Teaching points: Both figure-ground segregation (i.e., the perceptual process whereby an object of behavioral interest is perceptually distinguished from the background) and perceptual grouping (i.e., the complementary of process of mentally grouping related parts of the scene), are important aspects of high-level understanding of visual scenes.

Figure 15 Selectivity for faces in the macaque superior temporal polysensory area (STP). (A) Anatomical location of area STP (yellow highlight). (B) Responses of a single STP neuron to various visual objects, including variations in face stimuli. Note that, among the stimuli tested, the neuron responds best to a face with all the key facial features (left column, second stimulus from top). Cutting this stimulus into 16 pieces and showing the pieces in a shuffled order essentially eliminated the response (right column, third stimulus form top). The icon at bottom right denotes the size and visual field location of the receptive field. C, contralateral visual field (i.e., contralateral to the recording location). I, ipsilateral. Such neurons with large receptive fields that span both the visual hemifields are common in the visually responsive areas of the central and anterior temporal cortex. Adapted, with permission, from (40).

Teaching points: Neurons in the temporal area show remarkable selectivity for faces. This figure shows one of the most striking and widely known demonstrations of such narrow selectivity.

Figure 16 Coarse-to-fine tuning of shape categories in the macaque IT. The stimulus set consisted of 38 stimuli, a subset of which is shown in the inset. The global shape categories (inset, vertical axis) consisted of human faces, monkey faces, and geometric shapes. The fine categories (inset, horizontal axis) consisted of the various facial identities and expressions. The plots show the cumulative information transmission rate of a sample of IT neurons about both the global and fine categories (red and blue lines, respectively). The thick horizontal line along the x axis denotes the stimulus duration. Adapted, with permission, from (140, 323).

Teaching points: Responses of many face-selective neurons in the monkey temporal cortex change in a coarse-to-fine fashion in time. This figure shows one of the most clear-cut demonstrations of this effect. However, it is important to remember that responses of most neurons in most areas tend to change over time in a much more complex fashion that rarely lends itself to pithy slogans.

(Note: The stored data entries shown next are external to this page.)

ghost use Rattle.std.specs.Prelude.{◌≡◌, ◌≤◌, ◌<◌, [], length, slice_get, None, Some, IfOk, IfNone, IfSome, IsErrOf, OnOk, OnSome, ◌≢◌, OnErr};
ghost use Rattle.std.specs.BTreeMap.{insert_entry};
ghost use Rattle.std.specs.Option.{option_map};
ghost use Rattle.oc_bytes.specs.Numbers.{IsBytes};
ghost use Rattle.oc_bytes.specs.Outcome.{Gives, MakesList};
ghost use Rattle.path_tree.specs.Edits.{apply_all, apply_cause, fault_of, first_fault, after_edit, path_in, IsEdit};
ghost use Rattle.path_tree.specs.Paths.{IsPath, path_cmp};
ghost use Rattle.path_tree.specs.Inner.Places.{place_in};
ghost use Rattle.path_tree.specs.Trees.{Folder, IfFolder, IsListing, IsTree, NoSuch, node_at, files_in, made_in};

use crate::entries::{
    content_at, first_at, is_folder, is_kept, last_is_above, leads_on, names_below, place_of,
};
use crate::entry::Entry;
use crate::path::{Name, Path};
use oc_bytes::{Blob, NoMemory, are_bytes};
use std::alloc::{AllocError, AllocFailed, Global};
use std::marker::Model;
use thiserror::Error;

/// The most bytes of a file.
pub const MOST_CONTENT: usize = 16_777_216;

/// A change of a tree.
#[derive(Drop)]
pub enum Edit {
    /// The file at the path has these bytes from now on, whether it was there or not.
    Put(Path, Blob),
    /// Removes the file, and each folder above it that is then empty and not kept.
    Remove(Path),
    /// The folder is kept from now on, whether it was there or not.
    MakeFolder(Path),
    /// Removes the kept, empty folder, and each one above it that is then empty and not kept.
    RemoveFolder(Path),
}

impl Edit {
    /// The path of the edit's file or folder.
    pub fn path(&self) -> &Path
        ensures { result.now ≡ path_in self.now }
    {
        match self {
            Edit::Put(path, _)
            | Edit::Remove(path)
            | Edit::MakeFolder(path)
            | Edit::RemoveFolder(path) => path,
        }
    }

    /// The same edit; a file's bytes aren't copied. `Err` is out of memory.
    pub fn share(&self) -> Result<Edit, NoMemory>
        ensures { IfOk result (λ edit. edit ≡ self.now) }
    {
        match self {
            Edit::Put(path, content) => Ok(Edit::Put(path.share()?, content.share()?)),
            Edit::Remove(path) => Ok(Edit::Remove(path.share()?)),
            Edit::MakeFolder(path) => Ok(Edit::MakeFolder(path.share()?)),
            Edit::RemoveFolder(path) => Ok(Edit::RemoveFolder(path.share()?)),
        }
    }
}

/// Why an edit is refused.
#[derive(Clone, Copy, Debug, PartialEq, Eq, Error)]
pub enum EditFault {
    /// No file is at the path to be removed.
    #[error("no file stands at the path")]
    NoSuchFile,
    /// A file is to be put at the root, a kept folder or a folder that isn't empty; or a folder is
    /// to be made at the root or a kept folder.
    #[error("a folder stands at the path")]
    FolderThere,
    /// The path of a put or of a made folder leads through a file.
    #[error("the path leads through a file")]
    ThroughFile,
    /// The file has more than [`MOST_CONTENT`] bytes.
    #[error("the file has more than 16,777,216 bytes")]
    FileTooLarge,
    /// A folder is to be made where a file is.
    #[error("a file stands at the path")]
    FileThere,
    /// No folder is kept at the path to be removed.
    #[error("no folder is kept at the path")]
    NoSuchFolder,
    /// The folder to be removed isn't empty.
    #[error("the folder isn't empty")]
    NotEmpty,
}
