//! Tests of the commands and of sessions that can't be rows: actors on threads, ends that fail in
//! mid-stream, and folders and inputs of a kind that isn't in memory.
#![tactic(auto)]

#[cfg(test)]
mod actors;
#[cfg(test)]
mod failing;
#[cfg(test)]
mod folders;
#[cfg(test)]
mod long;
#[cfg(test)]
mod meeting;
#[cfg(test)]
mod sessions;
#[cfg(test)]
mod steps;
#[cfg(test)]
mod stopped;
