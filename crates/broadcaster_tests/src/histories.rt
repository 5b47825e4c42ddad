ghost use Rattle.std.specs.Prelude.{◌≡◌, IfOk};
ghost use Rattle.std.specs.Arc.{arc_value};
ghost use Rattle.history_merge.specs.Merged.{NeverFall};

use carousel_world::{Event, Fate, Reply};
use dsi_dii::ModuleLine;
use generation_catalogue::Entry;
use history_merge::merge;
use ior_tap::{Key, Location};
use open_history::ReaderPass;
use path_resolver::{Answer, Gateway, Held, Shot};
use path_tree::{Edits, Path};
use shot_board::{Viewer, board};
use std::alloc::{AllocError, Global};
use std::sync::{Arc, Wait};
use std::test::Fail;

/// What is held in generation 1 after so many draws: a DSI, and a DII with module 1, of which no block has come.
fn shot_of(alloc: Global, draws: u64) -> Result<Arc<Shot>, AllocError>
    ensures { IfOk result (λ shot. (arc_value shot).number ≡ 0) }
{
    let location = Location {
        carousel: 1,
        module: 1,
        key: Key::new(vec![in alloc; 0, 0, 0, 1]?),
    };
    let mut table = Vec::new(alloc);
    table.push(Held {
        identification: 1,
        line: ModuleLine {
            id: 1,
            size: 0,
            version: 0,
            compressed: false,
        },
        module: None,
    })?;
    let shot = Shot {
        number: 0,
        draws,
        mark: 0,
        epoch: 0,
        label: Some(1),
        held: vec![in alloc; 1]?,
        gateway: Some(Gateway {
            location,
            delivery: None,
        }),
        table,
    };
    Ok(Arc::new(alloc, shot)?)
}

/// The pass of reader 2, who has opened `/x` on a shot that had heard one draw or none.
fn opened(alloc: Global, viewer: Option<Viewer<Shot>>) -> Result<ReaderPass, Fail>
    ensures reader { IfOk result (λ pass. pass.reader ≡ 2) }
    ensures opens { IfOk result (λ pass. NeverFall 0 1 pass.opens) }
{
    let Some(viewer) = viewer else {
        return Err(Fail::from("no viewer"));
    };
    let path = Path::parse(alloc, b"/x")?;
    let Ok(mut pass) = ReaderPass::new(alloc, 2, viewer, 1) else {
        return Err(Fail::from("no memory for a pass"));
    };
    let Ok(place) = pass.open_path(path) else {
        return Err(Fail::from("no memory for an open"));
    };
    if pass.opens()[place].draws > 1 {
        return Err(Fail::from("an open on another shot"));
    }
    Ok(pass)
}

/// The history of a commit by editor 7, a draw whose packet is lost, and the reader's open.
fn history_of(alloc: Global, pass: ReaderPass) -> Result<Vec<(Event, Reply)>, AllocError>
    requires reader { pass.reader ≡ 2 }
    requires opens { NeverFall 0 1 pass.opens }
{
    let commit = Entry::Commit {
        editor: 0,
        edits: Edits::new(Vec::new(alloc)),
        outcome: Ok(1),
    };
    let draw = Entry::Draw {
        asked: 5,
        generation: 1,
        first: 0,
        count: 3,
    };
    let fates = vec![in alloc; Fate::Lose]?;
    merge(alloc, &[commit, draw], &[fates], &[7], &[pass])
}

/// An event and its reply.
fn text_of(alloc: Global, told: &(Event, Reply)) -> Result<String, AllocError> {
    match told {
        (Event::Commit { editor, .. }, Reply::Committed(number)) => {
            format!(in alloc; "[commit by {editor}: generation {number}]")
        }
        (
            Event::Draw { asked, .. },
            Reply::Drawn {
                generation,
                first,
                count,
            },
        ) => format!(in alloc;
            "[draw of {asked}: {count} items of generation {generation} from {first}]"
        ),
        (
            Event::Open { reader, path },
            Reply::Opened {
                label: Some(label),
                answer: Answer::NotYet(module),
            },
        ) => format!(in alloc;
            "[open by {reader} of {path}: in generation {label}: not yet, for module {module}]"
        ),
        _ => format!(in alloc; "[another reply]"),
    }
}

/// What is told where the reader's shot had heard so many draws, one event after the other.
fn told<R: Wait>(rt: &R, alloc: Global, draws: u64) -> Result<String, Fail> {
    let (shower, mut viewers) = board(rt, alloc, shot_of(alloc, draws)?, 1, 0)?;
    let pass = opened(alloc, viewers.pop());
    shower.close(rt);
    let mut texts = String::new(alloc);
    for told in &history_of(alloc, pass?)? {
        let text = text_of(alloc, told)?;
        texts.push_str(text.as_str())?;
    }
    Ok(texts)
}

#[test]
fn an_open_stands_after_the_draws_that_its_shot_had_heard(rt: HostRuntime) -> Result<(), Fail> {
    let alloc = rt.alloc();
    let after = told(&rt, alloc, 1)?;
    let before = told(&rt, alloc, 0)?;
    assert_eq!(rt;
        after.as_str(),
        "[commit by 7: generation 1][draw of 5: 3 items of generation 1 from 0][open by 2 of /x: in generation 1: not yet, for module 1]"
    );
    assert_eq!(rt;
        before.as_str(),
        "[open by 2 of /x: in generation 1: not yet, for module 1][commit by 7: generation 1][draw of 5: 3 items of generation 1 from 0]"
    );
    Ok(())
}
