use cycle_planner::Item;
use generation::Generation;
use section_workers::{Actor, Gate, NoGate, encode_batch};
use std::sync::atomic::{AtomicBool, Ordering};
use std::test::Fail;
use std::thread;

/// How often a worker looks for the other's flag.
const TURNS: u64 = 10_000_000;

/// Each of the two workers sets its flag, and waits for the other's.
#[derive(Drop)]
struct Meeting {
    first: AtomicBool,
    second: AtomicBool,
    late: AtomicBool,
}

impl Meeting {
    fn meet(&self, mine: &AtomicBool, other: &AtomicBool) {
        mine.store(true, Ordering::SeqCst);
        for _ in 0..TURNS {
            if other.load(Ordering::SeqCst) {
                return;
            }
            thread::yield_now();
        }
        self.late.store(true, Ordering::SeqCst);
    }
}

impl Gate for Meeting {
    fn pass(&self, actor: Actor, step: u32) {
        match (actor, step) {
            (Actor::Worker(0), 0) => self.meet(&self.first, &self.second),
            (Actor::Worker(1), 0) => self.meet(&self.second, &self.first),
            _ => self.late.store(true, Ordering::SeqCst),
        }
    }
}

#[test]
fn both_workers_are_at_work_at_once(rt: HostRuntime) -> Result<(), Fail> {
    let alloc = rt.alloc();
    let generation = Generation::first(alloc, 1)?;
    let items = [Item::Dsi, Item::Dii(1), Item::Block(1, 0)];
    let gate = Meeting {
        first: AtomicBool::new(false),
        second: AtomicBool::new(false),
        late: AtomicBool::new(false),
    };
    let sections = encode_batch(&rt, alloc, &generation, &items, &gate)?;
    assert!(rt; gate.first.load(Ordering::SeqCst) && gate.second.load(Ordering::SeqCst));
    assert!(rt; !gate.late.load(Ordering::SeqCst));
    assert_eq!(rt; sections.len(), 3);
    // the fronts of the three sections, as an independent program made them
    assert!(rt; sections[0].len() == 115 && sections[0].starts_with(&[0x3B, 0xB0, 0x70]));
    assert!(rt; sections[1].len() == 75 && sections[1].starts_with(&[0x3B, 0xB0, 0x48]));
    assert!(rt; sections[2].len() == 64 && sections[2].starts_with(&[0x3C, 0xB0, 0x3D]));
    assert_eq!(rt;
        encode_batch(&rt, alloc, &generation, &[], &NoGate)?.len(),
        0
    );
    Ok(())
}
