//! Tests of what a broadcaster is made of, and of the history that it shares with its readers, over the public calls of the crates: those
//! that start threads, wait, or run into failures.
#![tactic(auto)]

#[cfg(test)]
mod histories;
#[cfg(test)]
mod locks;
#[cfg(test)]
mod stations;
#[cfg(test)]
mod workers;
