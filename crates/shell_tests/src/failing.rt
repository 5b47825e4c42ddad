//! Commands whose ends fail in mid-stream.
ghost use Rattle.std.specs.Prelude.{◌≡◌};

use carousel_shell::{Status, run_plain};
use cycle_planner::{GREATEST_ID, Weigh};
use folder_playout::NoNotices;
use folder_store::{Folders, MemFolders, MemStore, Store};
use oc_bytes::{Blob, MemSink, MemSource, NoMemory, Source};
use std::alloc::Global;
use std::test::Fail;

/// The section of a block message that says `hello`, its CRC of another program.
pub(crate) const HELLO: [u8; 35] = [
    0x3C, 0xB0, 0x20, 0x00, 0x01, 0xC1, 0x00, 0x00, 0x11, 0x03, 0x10, 0x03, 0x00, 0x00, 0x00, 0x2A,
    0xFF, 0x00, 0x00, 0x0B, 0x00, 0x01, 0x00, 0xFF, 0x00, 0x00, 0x68, 0x65, 0x6C, 0x6C, 0x6F, 0xDE,
    0xE9, 0xC3, 0x3D,
];

/// A new file, a new content of it, and a draw that damages the message that tells of it.
const NEWS: &[u8] =
    b"put 1 /a 6f6e65\ncommit 1\ndraw 1048576\nopen 1 /a\nput 1 /a 74776f\ncommit 1\n\
    draw 1048576 f1040 k2\nopen 1 /a\ndraw 1048576\nopen 1 /a\n";

/// One of the four ends of a command.
#[derive(Clone, Copy)]
pub(crate) enum End {
    Source,
    Sink,
    Folders,
    Store,
}

/// How a command ended.
#[derive(Drop)]
pub(crate) struct Ended {
    pub(crate) code: u8,
    pub(crate) sink: MemSink,
    store: MemStore,
}

/// The words of a line.
pub(crate) fn words(alloc: Global, line: &str) -> Result<Vec<String>, Fail> {
    let mut words = Vec::new(alloc);
    for word in line.split_whitespace() {
        words.push(String::from_str(alloc, word)?)?;
    }
    Ok(words)
}

/// The folder F with the file `a`, which says `hello`.
fn folder(alloc: Global, fail_at: Vec<u64>) -> Result<MemFolders, Fail> {
    let content = Vec::from_slice(alloc, b"hello")?;
    let mut entries = Vec::new(alloc);
    entries.push((String::from_str(alloc, "F/a")?, Blob::new(alloc, content)?))?;
    Ok(MemFolders::new(entries, fail_at))
}

/// The status of a command under which each module is sent once a cycle.
pub(crate) fn run_once<S: Source, F: Folders, T: Store>(
    alloc: Global,
    words: &[String],
    source: &mut S,
    sink: &mut MemSink,
    folders: &mut F,
    store: &mut T,
) -> Result<Status, NoMemory> {
    let call = Box::new(
        alloc,
        |_id: u16| -> u8
            ensures { result ≡ 1 }
        { 1 },
    )?;
    let weigh = Weigh::new([1; GREATEST_ID], call);
    let filters = Vec::new(alloc);
    Ok(run_plain(
        alloc,
        words,
        source,
        sink,
        folders,
        store,
        &mut NoNotices,
        weigh,
        filters,
    ))
}

/// Runs a command on an input that comes in pieces of `read` bytes, and with a sink that takes
/// `written`, both at least 1. One call of an end fails, if any.
pub(crate) fn run(
    alloc: Global,
    line: &str,
    input: &[u8],
    pieces: (usize, usize),
    failing: Option<(End, u64)>,
) -> Result<Ended, Fail> {
    let mut reads = Vec::new(alloc);
    let mut writes = Vec::new(alloc);
    let mut calls = Vec::new(alloc);
    let mut stores = Vec::new(alloc);
    match failing {
        Some((End::Source, call)) => reads.push(call)?,
        Some((End::Sink, call)) => writes.push(call)?,
        Some((End::Folders, call)) => calls.push(call)?,
        Some((End::Store, call)) => stores.push(call)?,
        None => {}
    }
    let words = words(alloc, line)?;
    let mut source = MemSource::new(Vec::from_slice(alloc, input)?, reads, pieces.0.max(1));
    let mut sink = MemSink::new(alloc, writes, pieces.1.max(1));
    let mut folders = folder(alloc, calls)?;
    let mut store = MemStore::new(alloc, stores);
    let status = run_once(
        alloc,
        &words,
        &mut source,
        &mut sink,
        &mut folders,
        &mut store,
    )?;
    let code = status.code();
    Ok(Ended { code, sink, store })
}

/// Whether a run ended as it should in which a call of this end failed: nothing was written, or
/// what the writes of a byte before it took, or which path can't be read, or the first sections of
/// `record`, or the lines of what was stored before, when each call before stored one file or
/// folder.
fn is_right(line: &str, end: End, call: u64, good: &[u8], ended: &Ended) -> bool {
    let written = ended.sink.written();
    match end {
        End::Source => {
            ended.code == 4
                && good.starts_with(written)
                && (written.is_empty() || line.starts_with("record"))
        }
        End::Sink => {
            ended.code == 5 && written.len() as u64 == call && good.starts_with(written)
        }
        End::Folders => {
            ended.code == 6 && (written.is_empty() || written.starts_with(b"unreadable /"))
        }
        End::Store => {
            ended.code == 6 && ended.store.count() as u64 == call && good.starts_with(written)
        }
    }
}

/// How many calls of an end a command makes, each of which failed in turn.
fn failing(alloc: Global, line: &str, input: &[u8], good: &Ended, end: End) -> Result<u64, Fail> {
    for call in 0..1000u64 {
        let ended = run(alloc, line, input, (20, 1), Some((end, call)))?;
        if ended.code == good.code {
            return Ok(call);
        }
        if !is_right(line, end, call, good.sink.written(), &ended) {
            return Err(Fail::from("a failed call"));
        }
    }
    Err(Fail::from("too many calls"))
}

#[test]
fn each_call_fails_in_turn(rt: HostRuntime) -> Result<(), Fail> {
    let alloc = rt.alloc();
    let published = run(alloc, "publish F 1 1", b"", (20, 1), None)?;
    let packets = published.sink.written();
    // The packets are 564 bytes, 29 reads and one that finds their end. Each byte that is written
    // is a write: 127, 716 and 21 of `plan`, `inspect` and `extract`. A folder is listed and a file
    // read; a folder is made and a file written.
    let rows: [(&str, &[u8], [u64; 4]); 10] = [
        ("assemble 1 0 5 42", &HELLO, [3, 5, 0, 0]),
        ("publish F 1 1", b"", [0, 564, 2, 0]),
        ("record 256", packets, [30, 386, 0, 0]),
        ("list 256", packets, [30, 21, 0, 0]),
        ("open 256 /a /a/b", packets, [30, 29, 0, 0]),
        ("rehearse", NEWS, [8, 155, 0, 0]),
        ("plan F 1 1000000", b"", [0, 127, 2, 0]),
        ("inspect 256", packets, [30, 716, 0, 0]),
        ("extract 256 G", packets, [30, 21, 0, 2]),
        ("air 256 F 1 1", b"", [0, 564, 2, 0]),
    ];
    for (line, input, [reads, writes, calls, stores]) in rows {
        let good = run(alloc, line, input, (20, 1), None)?;
        for (end, count) in [
            (End::Source, reads),
            (End::Sink, writes),
            (End::Folders, calls),
            (End::Store, stores),
        ] {
            assert_eq!(rt; failing(alloc, line, input, &good, end)?, count, "{line}");
        }
    }
    // Only the first of two readings has to succeed.
    let aired = run(
        alloc,
        "air 256 F 1 2",
        b"",
        (20, 1),
        Some((End::Folders, 2)),
    )?;
    let twice = run(alloc, "publish F 1 2", b"", (20, 1), None)?;
    assert_eq!(rt;
        (aired.code, aired.sink.written()),
        (0, twice.sink.written())
    );
    let extracted = run(alloc, "extract 256 G", packets, (20, 1), None)?;
    assert!(rt; extracted.store.is_folder("G"));
    assert!(rt; extracted.store.content("G/a") == Some(b"hello".as_slice()));
    Ok(())
}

Figure 17 Grid cells help represent the external visual space. Grid cells were originally reported in rats, but have since been found in many species, including monkeys. (A) Responses of a single grid cell in the entorhinal cortex of the rat. Left, black lines denote the trajectory of a rat freely moving in a box. The cell fired spikes (red dots) when the rat was at specific locations within the box. These locations were organized in a grid-like fashion that spanned the box. Right, the firing rates of the cell represented as a heatmap, where “warmer” colors denote higher firing rates. Adapted, with permission, from (134). (B) Responses of a single grid cell in the entorhinal cortex of the macaque monkey. Unlike the rat referred to in panel A, the monkey was stationary. It sat in a primate chair with its head held steady, but freely moved its eyes as it looked at real-world pictures (not shown). Left, red dots denote the locations in a picture (not shown) that the monkey fixated, or gazed steadily at for a brief period. Center, firing rate of the grid cell shown in heatmap format. The scale bars at bottom each denote 6° of visual angle. Adapted, with permission, from (180).

Teaching points: Grid cells in the entorhinal cortex help represent the external visual space. Such neuronal representations of the external space appear to be quite common across various mammalian species.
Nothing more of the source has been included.